How can I update to 2.6.26? I've generated the kernel from gentoo-sources

----------

## 96140

--Last edited by 96140 on Wed Sep 11, 2013 9:17 am; edited 1 time in total

----------

## termite

Or you can use zen-sources.  See the Unsupported Software forums.

----------

## elegos

So you're saying Ubuntu kernel has been modified to make iwl drivers work better? (if I'm not wrong they're too @ 2.6.24). In case, can I patch the 2.6.24 kernel sources in order to perfect them? Is there a patch somewhere?

----------

## termite

No idea.  You could ask the people behind zen-sources for the current iwl3945 patch, perhaps.

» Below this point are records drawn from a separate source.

/// Turns that the definitions accept, and turns that are damaged in one way.
pub fn the_definitions_tell_turns()
    ensures flush_turn_is { (at : Moment)
        → Turns 1 (drive_at 33 (Some (dp 11))) (drive_at 34 (Some (dp 11))) (before_flush at)
        (after_flush at 34 handed_marks (Some 3)) 1 2 (turns.Ready synced) }
    ensures ack_early_turn_isnt { (at : Moment)
        → ¬ Turns 1 (drive_at 33 (Some (dp 11))) (drive_at 34 (Some (dp 11))) (before_flush at)
        (after_flush at 33 handed_marks (Some 3)) 1 2 (turns.Ready synced) }
    ensures no_command_isnt { (at : Moment)
        → ¬ Turns 1 (drive_at 33 (Some (dp 11))) (drive_at 33 (Some (dp 11))) (before_flush at)
        (after_flush at 33 handed_marks (Some 3)) 1 2 (turns.Ready synced) }
    ensures fewer_faults_isnt { (at : Moment)
        → ¬ Turns 1 (faulted 3 (drive_at 33 (Some (dp 11)))) (drive_at 34 (Some (dp 11))) (before_flush at)
        (after_flush at 34 handed_marks (Some 3)) 1 2 (turns.Ready synced) }
    ensures mark_missing_turn_isnt { (at : Moment)
        → ¬ Turns 1 (drive_at 33 (Some (dp 11))) (drive_at 34 (Some (dp 11))) (before_flush at)
        (after_flush at 34 waiting_marks (Some 3)) 1 2 (turns.Ready synced) }
    ensures on_missing_turn_isnt { (at : Moment)
        → ¬ Turns 1 (drive_at 33 (Some (dp 11))) (drive_at 34 (Some (dp 11))) (before_flush at)
        (after_flush at 34 handed_marks None) 1 2 (turns.Ready synced) }
    ensures rest_turn_is { (at : Moment)
        → DrainsOnce 1 (drive_at 30 (Some (dp 22))) (drive_at 32 (Some (dp 23))) (draining_view at)
        (rested_view at) 1 drained.Room }
    ensures sync_told_is { (at : Moment)
        → DrainsOnce 1 (drive_at 30 None) (drive_at 32 None) (both_view at)
        (sync_failed_view at done) 2 drained.More }
    ensures reply_changed_isnt { (at : Moment)
        → ¬ DrainsOnce 1 (drive_at 30 None) (drive_at 32 None) (both_view at)
        (sync_failed_view at synced) 2 drained.More }
    ensures drain_is { (at : Moment)
        → Submits (drive_at 0 None) (drive_at 30 None) (before_write at 65)
        (put_off (before_write at 65)) 1 0 submitted.Drain }
    ensures sync_is { (at : Moment)
        → Submits (drive_at 0 None) (drive_at 30 None) (before_third at Sync) (placed_third at Sync sync_added) 1 2
        (submitted.Wait 2) }
    ensures syncs_first_isnt { (at : Moment)
        → ¬ Submits (drive_at 0 None) (drive_at 30 None) (before_third at Sync)
        (placed_third at Sync syncs_first) 1 2 (submitted.Wait 2) }
    ensures write_waits_isnt { (at : Moment)
        → ¬ Submits (drive_at 0 None) (drive_at 30 None) (before_third at (write (codes "d")))
        (placed_third at (write (codes "d")) (Syncs 2 ∷ [])) 1 2 (submitted.Wait 2) }
    ensures read_syncs_isnt { (at : Moment)
        → ¬ Submits (drive_at 0 None) (drive_at 30 None) (before_third at read)
        (placed_third at read (Syncs 2 ∷ [])) 1 2 (submitted.Wait 2) }
    ensures on_tape_is { IsOnTape (holding (Block (codes "hello"))) (Some (Put (dp 0) (codes "hello")))
        (Worked (dp 0) None) }
    ensures other_on_tape_isnt { ¬ IsOnTape (holding (Block (codes "world"))) (Some (Put (dp 0) (codes "hello")))
        (Worked (dp 0) None) }
    ensures drain_at_64_isnt { (at : Moment)
        → ¬ Submits (drive_at 0 None) (drive_at 30 None) (before_write at 64)
        (put_off (before_write at 64)) 1 0 submitted.Drain }
{}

What has Ubuntu got to do with it?

----------

## elegos

since Ubuntu 8.04 (Alpha)... Live 7.10 doesn't recognize my WiFi card (and other HW of my laptop), so I used the 8.04 since its alpha without any problem (and no internet loosing connection)

----------

## termite

In which case, Ubuntu probably patched the kernel, or is using some other method for loading iwl3945 support.

Sorry I can't be of more help.  I'm having issues with this myself.  I'm now trying 2.6.26-rc4 (zen-sources) to see if it all works.

Edit: with the new 2.6.26-rc4, things seem better, but not perfect.

----------